# Dauerspielen



## Niklasx (26. Mai 2011)

hallo buffies, ich hoffe das dieses thema hier richtig ist.
mich würde mal interessieren, was das maximum an spielen bei euch war. es muss nicht zwingend am stück ohne schlafen sein, es kann auch á la " boah ich habe eine woche jeden tag 18std.

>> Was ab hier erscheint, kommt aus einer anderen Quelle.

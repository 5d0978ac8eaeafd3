//! Refusals of objects as they are printed.

ghost use Rattle.std.specs.Prelude.{◌≡◌, Some};
ghost use Rattle.ioa_serving.specs.FailureCodes as codes;
ghost use Rattle.ioa_serving.specs.Printed.{object_details};
ghost use Rattle.ioa_serving.specs.Statuses as statuses;

use crate::status::Status;
use ioa_object::ObjErr;
use ioa_request::Code;
use std::fmt;

/// The code of an object that is refused.
pub fn object_code(error: ObjErr) -> Code
    ensures { result ≡ codes.object_code error }
{
    match error {
        ObjErr::Magic => Code::O1,
        ObjErr::Version => Code::O2,
        ObjErr::Truncated => Code::O3,
        ObjErr::Trailing => Code::O4,
        ObjErr::BadTable(_) => Code::O5,
        ObjErr::BadCode(..) => Code::O6,
        ObjErr::Clash => Code::O7,
        ObjErr::OutOfMemory => Code::Memory,
    }
}

/// What is printed of the refusal of an object after its code: its byte, or its part of code and the place in it.
#[derive(Clone, Copy, Drop)]
pub struct ObjectDetails(pub ObjErr);

impl fmt::Display for ObjectDetails {
    ghost output = { λ details. Some (object_details details.0) };

    fn fmt<W: fmt::Write>(&self, f: &mut fmt::Formatter<W>) -> fmt::Result {
        match self.0 {
            ObjErr::BadTable(byte) => write!(f, " byte {byte}"),
            ObjErr::BadCode(part, at) => write!(f, " part {part} at {at}"),
            ObjErr::Magic
            | ObjErr::Version
            | ObjErr::Truncated
            | ObjErr::Trailing
            | ObjErr::Clash
            | ObjErr::OutOfMemory => Ok(()),
        }
    }
}

/// The exit status of an object that is refused so.
pub fn object_status(error: ObjErr) -> Status
    ensures { result ≡ statuses.object_status error }
{
    match error {
        ObjErr::Magic
        | ObjErr::Version
        | ObjErr::Truncated
        | ObjErr::Trailing
        | ObjErr::BadTable(_)
        | ObjErr::BadCode(..)
        | ObjErr::Clash => Status::Refused,
        ObjErr::OutOfMemory => Status::Unable,
    }
}
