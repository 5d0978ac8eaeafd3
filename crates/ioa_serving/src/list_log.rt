//! `log`: from a list to the log of its run.

ghost use Rattle.std.specs.Prelude.{◌⊎◌, IfOk, IfErr, IfSome, IsErrOf};
ghost use Rattle.std.specs.Option.{option_copied};
ghost use Rattle.ioa_system.specs.Outcomes.{ending_of};
ghost use Rattle.ioa_device.specs.Devices.{BothPassUnless, change};
ghost use Rattle.ioa_device.specs.declared.failure.LogErr.{LogErr};
ghost use Rattle.ioa_device.specs.Failing.{HasFailed};
ghost use Rattle.ioa_serving.specs.Failing.{IsFailure, IsUnwritten};
ghost use Rattle.ioa_serving.specs.ListLogs.{BeginsListLogOf, IsListLog};

use crate::compile::program_of;
use crate::failure::Failure;
use ioa_device::{InputDevice, OutputDevice};
use ioa_log::log_list;
use ioa_system::End;
use std::alloc::Global;

/// Writes the log of the run of a list of actions in a composition of a source, or in an object, by the bytes of both, and answers how the
/// run ends. The log has the actions that are performed and, where one faults, this too, each with its worker.
///
/// # Errors
/// Those of `replay_text`: nothing was written then, or, where a device failed, no more than a beginning of the log.
pub fn log_list_text<R: InputDevice, W: OutputDevice>(
    alloc: Global,
    text: &[u8],
    composition: Option<&str>,
    input: &mut R,
    output: &mut W,
) -> Result<End, Failure>
    ensures logs { IfOk result (λ end. IfSome (R.remaining input.old) (λ bytes.
        IsListLog text.now (option_copied composition.entry) bytes (ending_of end) (W.contents output.old) (W.contents output.new))) }
    ensures refused { IfErr result (λ e. IsFailure text.now (option_copied composition.entry) (R.remaining input.old)
        (HasFailed (R.failure_count input.old) (R.failure_count input.new) ⊎ HasFailed (W.failure_count output.old) (W.failure_count output.new)) e) }
    ensures unwritten { IfErr result (λ e. IsUnwritten (BeginsListLogOf text.now (option_copied composition.entry) (R.remaining input.old))
        (W.contents output.old) (W.contents output.new) e) }
    ensures devices { BothPassUnless (IsErrOf result (Failure.List LogErr.Io)) (change R.remaining R.failure_count input.old input.new) (change W.contents W.failure_count output.old output.new) }
{
    let program = program_of(alloc, text, composition)?;
    let end = log_list(alloc, &program, input, output)?;
    Ok(end)
}
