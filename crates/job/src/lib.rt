// Job: the ring of a job that waits for its chain, divided when the chain is there. It stands above state and divider, and
// below step, which takes a block's bytes.
//
// specs/Step says what one step leaves and tells, and specs/Run what the program prints as one definition, `printed`, from the
// bytes that go in to those that come out.

#![tactic(auto)]

ghost use Rattle.std.specs.Prelude.{◌≡◌, ◌*◌, ◌≤◌, ◌<◌, length, take};
ghost use Rattle.table.specs.Answers as Answers;
ghost use Rattle.job.specs.Step.{no_cells, divides, Steps, CanStep};

use nodes::NodeNumber;
use state::State;
use table::Answer;
use told::Told;

// The state after a step, and what it tells of its block.
#[derive(Clone, Copy)]
pub struct Stepped {
    pub state: State,
    pub told: Told,
}

// The count of nodes that an answer leaves listed.
fn listed(answer: Answer) -> usize
    ensures { result ≡ (Answers.values answer).nodes }
{
    match answer {
        Answer::Divided { nodes, .. }
        | Answer::Refused { nodes, .. }
        | Answer::Failed { nodes, .. } => nodes,
    }
}

// Divides the ring that waits, with the first `run` points of a chain, over the node list and the empty cell list. It is never
// merged into the loop of a run, so that what the way of a ring needs on the stack is not there beside the text.
#[inline(never)]
pub fn divide_ring(
    s: State,
    ring: &[i32],
    chain: &[i32],
    run: usize,
    nodes: &mut [f64],
    rims: &mut [u8],
    cells: &mut [NodeNumber],
) -> Stepped
    requires { CanStep s ring.now × (cells.old ≡ no_cells) × (s.block < 65536) × (run ≤ 60) × (length chain.now ≡ 120) }
    ensures { Steps (divides s ring.now nodes.old rims.old (take (run * 2) chain.now)) result
        ring.now nodes.new rims.new cells.new }
{
    let end = s.count * 2;
    let stop = run * 2;
    let used = s.used;
    let answer = divider::divide(
        &ring[..end],
        &chain[..stop],
        s.size,
        nodes,
        used,
        rims,
        cells,
        0,
    );
    let told = Told::Ring {
        ring: u64::from(s.block / 2),
        used,
        answer,
    };
    let next = s.block + 1;
    let state = State {
        block: next,
        used: listed(answer),
        ended: false,
        ..s
    };
    Stepped { state, told }
}
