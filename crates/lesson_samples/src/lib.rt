// The samples of a lesson file, made and opened one after the other, and what the calls that write a text about them share.
#![tactic(auto)]

ghost use Rattle.std.specs.Prelude.{◌≡◌, take, ◌+◌, ◌≤◌, length};
ghost use Rattle.residue.specs.Residue.{reduce, total, EachBelow};
ghost use Rattle.checks.specs.Checks.{checked};
ghost use Rattle.checks.specs.Answers.{reading, outcome};
ghost use Rattle.binomial.specs.Signed.{centred_value};
ghost use Rattle.totals.specs.Sample.{sample_words};
ghost use Rattle.text.specs.Text.{HasRoom, Written};
ghost use Rattle.lesson_file.specs.Layouts.{WholeSample};
ghost use Rattle.lesson_samples.specs.Lesson.{record_of};
ghost use Rattle.lesson_samples.specs.Call.{sample_buffers, held, SameBuffers, call_checks};
ghost use Rattle.lesson_samples.specs.RefusalLine.{refusal_line};
ghost use Rattle.lesson_samples.specs.Steps.{SampleRoom, HasSampleRoom, sampled_at, sample_judged, next_sample};

use checks::{Reason, Refusal};
use lesson_file::{Cursor, Layout, Parameters};
use residue::Word;
use text::Writer;

// A sample that was made: its parameters, how many words it took, its centred value, and where the next one begins.
#[derive(Clone, Copy)]
pub struct Sampled {
    pub parameters: Parameters,
    pub used: usize,
    pub value: i32,
    pub next: Cursor,
}

// The buffers that samples are made in: random words, shares, and the work area.
#[derive(Drop)]
pub struct Buffers<'a> {
    pub words: &'a mut [Word],
    pub out: &'a mut [Word],
    pub work: &'a mut [Word],
}

impl<'a> Buffers<'a> {
    // The first n shares.
    pub fn shares(&self, n: usize) -> &[Word]
        requires { n ≤ length self.now.out.now }
        ensures { result.now ≡ take n self.now.out.now }
    {
        &self.out[..n]
    }
}

// The most bytes that a lesson file may have.
pub const FILE_LIMIT: usize = 60000;

// The record at which a refusal of the sampler is reported.
fn record_of(layout: Layout, code: u32) -> usize
    ensures { result ≡ record_of layout code }
{
    if code == u32::from(Reason::XWidth) {
        return layout.lists.x;
    }
    if code == u32::from(Reason::YWidth) {
        return layout.lists.y;
    }
    layout.lists.next.at
}

// The shares of the sample whose records lie there. RW's words, and no others, are lent to the sampler, which starts at the first of them: its
// end position is the number of the words that it used.
fn make_shares(
    file: &[u8],
    layout: Layout,
    words: &mut [Word],
    out: &mut [Word],
    work: &mut [Word],
) -> Result<usize, Refusal>
    requires { WholeSample file.now layout × SampleRoom (length words.old) (length out.old) (length work.old) }
    ensures { outcome result (sample_buffers words.new out.new work.new) ≡ sample_judged file.now (sample_buffers words.old out.old work.old) layout (sample_words layout.parameters.n layout.parameters.k) }
{
    let Parameters { n, k, q } = layout.parameters;
    let mut x = [0; 8];
    let mut y = [0; 8];
    lesson_file::copy_shares(file, layout.lists.x + 2, n, &mut x);
    lesson_file::copy_shares(file, layout.lists.y + 2, n, &mut y);
    lesson_file::copy_words(file, layout.lists.next.at + 4, layout.count, words);
    match sampler::sample(
        n,
        k,
        q,
        &x[..n],
        &y[..n],
        &words[..layout.count],
        0,
        out,
        work,
    ) {
        Ok(used) => Ok(used),
        Err(r) => checks::refuse(r.code, record_of(layout, r.code)),
    }
}

// The centred value of the residue that the shares hold. Neither call refuses.
fn open_sample(n: usize, q: Word, shares: &[Word]) -> i32
    requires { (2 ≤ n) × (n ≤ 8) × (3 ≤ q) × (length shares.now ≡ n) × EachBelow q shares.now }
    ensures { result ≡ centred_value q (reduce q (total shares.now)) }
{
    let Ok(residue) = masking::open_residue(n, q, shares) else {
        return 0;
    };
    binomial::centre(q, residue).unwrap_or(0)
}

// The sample whose records lie there.
fn make_sample(file: &[u8], layout: Layout, buffers: &mut Buffers<'_>) -> Result<Sampled, Refusal>
    requires { WholeSample file.now layout × HasSampleRoom buffers.old }
    ensures { (outcome result (held buffers.new) ≡ sample_judged file.now (held buffers.old) layout (sampled_at file.now layout)) × SameBuffers buffers.old buffers.new }
{
    let parameters = layout.parameters;
    let used = make_shares(
        file,
        layout,
        &mut buffers.words[..],
        &mut buffers.out[..],
        &mut buffers.work[..],
    )?;
    let value = open_sample(parameters.n, parameters.q, buffers.shares(parameters.n));
    Ok(Sampled {
        parameters,
        used,
        value,
        next: layout.next,
    })
}

// The sample at the cursor, whose shares stand in front of the output afterwards. A file that is too long is refused before any record is looked
// at.
pub fn next_sample(
    file: &[u8],
    cursor: Cursor,
    buffers: &mut Buffers<'_>,
) -> Result<Sampled, Refusal>
    requires { HasSampleRoom buffers.old }
    ensures { (outcome result (held buffers.new) ≡ next_sample file.now (held buffers.old) cursor.at) × SameBuffers buffers.old buffers.new }
{
    if FILE_LIMIT < file.len() {
        return checks::refuse(Reason::FileLength.into(), 0);
    }
    let layout = cursor.read_sample(file)?;
    make_sample(file, layout, buffers)
}

// Writes a refusal's line.
pub fn write_refusal(text: &mut Writer<'_>, refusal: Refusal)
    requires { HasRoom text.old (refusal_line refusal.code refusal.position) }
    ensures { Written text.old (refusal_line refusal.code refusal.position) text.new }
{
    text.bytes(b"refused");
    text.field(refusal.code as usize);
    text.field(refusal.position);
    text.bytes(b"\n");
}

// What a call that writes a text asks of its buffers.
#[tactic(auto, unfolding(checks::specs::Checks::verdict))]
pub fn check_buffers(
    room: usize,
    words: usize,
    out: usize,
    area: usize,
    text: usize,
) -> Result<(), Refusal>
    ensures { reading result ≡ checked (call_checks room words out area text) }
{
    if words < lesson_file::MOST_WORDS {
        return checks::refuse(Reason::WordCount.into(), 0);
    }
    if out < 8 {
        return checks::refuse(Reason::OutputRoom.into(), 0);
    }
    if text < room {
        return checks::refuse(Reason::OutputRoom.into(), 0);
    }
    if area < 8 {
        return checks::refuse(Reason::WorkRoom.into(), 0);
    }
    Ok(())
}
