// A report or a refusal as document 01's lines, from the start of a buffer with room for any.
#![tactic(auto)]

mod storing;

pub use storing::put_text;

WoW gespielt, zwischendurch nur ein wenig gepennt" sein.
natürlich zählen auch dauerspielen.

bei mir war es vor ein paar jahren auf einer großen lan mit über 400 leuten.
dort war ich 56 std ohne echte pause ( nur mal eine rauchen oder kurz raus vor die halle für 10min).
meine "Mühe" würde letzendlich auch belohnt, indem ich und mein team bei counter-strike erster geworden sind und jeder eine neue grafikkarte+headset bekommen hat


----------



## Valdrasiala (26. Mai 2011)

Ist lange her, vielleicht 10 Jahre oder so, da habe ich das auch auf LANs gemacht und 2-3 Tage durchgemacht mit nur jeweils 3 Stunden Schlaf mit WC3 Tower Defence  . 
Aber war schon recht krass, das bekäme ich heutzutage nicht mehr hin ^^


----------



## Dracun (26. Mai 2011)

Auch bei mir ist des schon etwas länger her ... 
Als ich noch bei Mutti wohnte Freitags nach der Schule PSX an und Gezoggt bis Sonntags abends  Nur Kurz mal raus zum Essen und WC, geschlafen habe ich glaube ich geschätzte 6 h 
Das dürfte jetzt 13 Jahre her sein


----------



## Ceiwyn (26. Mai 2011)

So lange halte ich nie durch, vorher wird mir immer langweilig. Mein Rekord liegt bei 24h WoW beim Cata-Release sowie auf einer LAN mal 20h oder so.


----------



## Sh1k4ri (26. Mai 2011)

Mein Rekord liegt bei 10 Stunden Warcraft 3 TFT (war glaub ich damals auch Tower Defense ) mit nem Kumpel. Jetzt schaff ich vielleicht 2-3 Stunden ehe mir langweilig wird.


----------



## Niklasx (26. Mai 2011)

langeweile ist bei mir nicht das problem. eher das der po weh tut oder man einfach müde wird.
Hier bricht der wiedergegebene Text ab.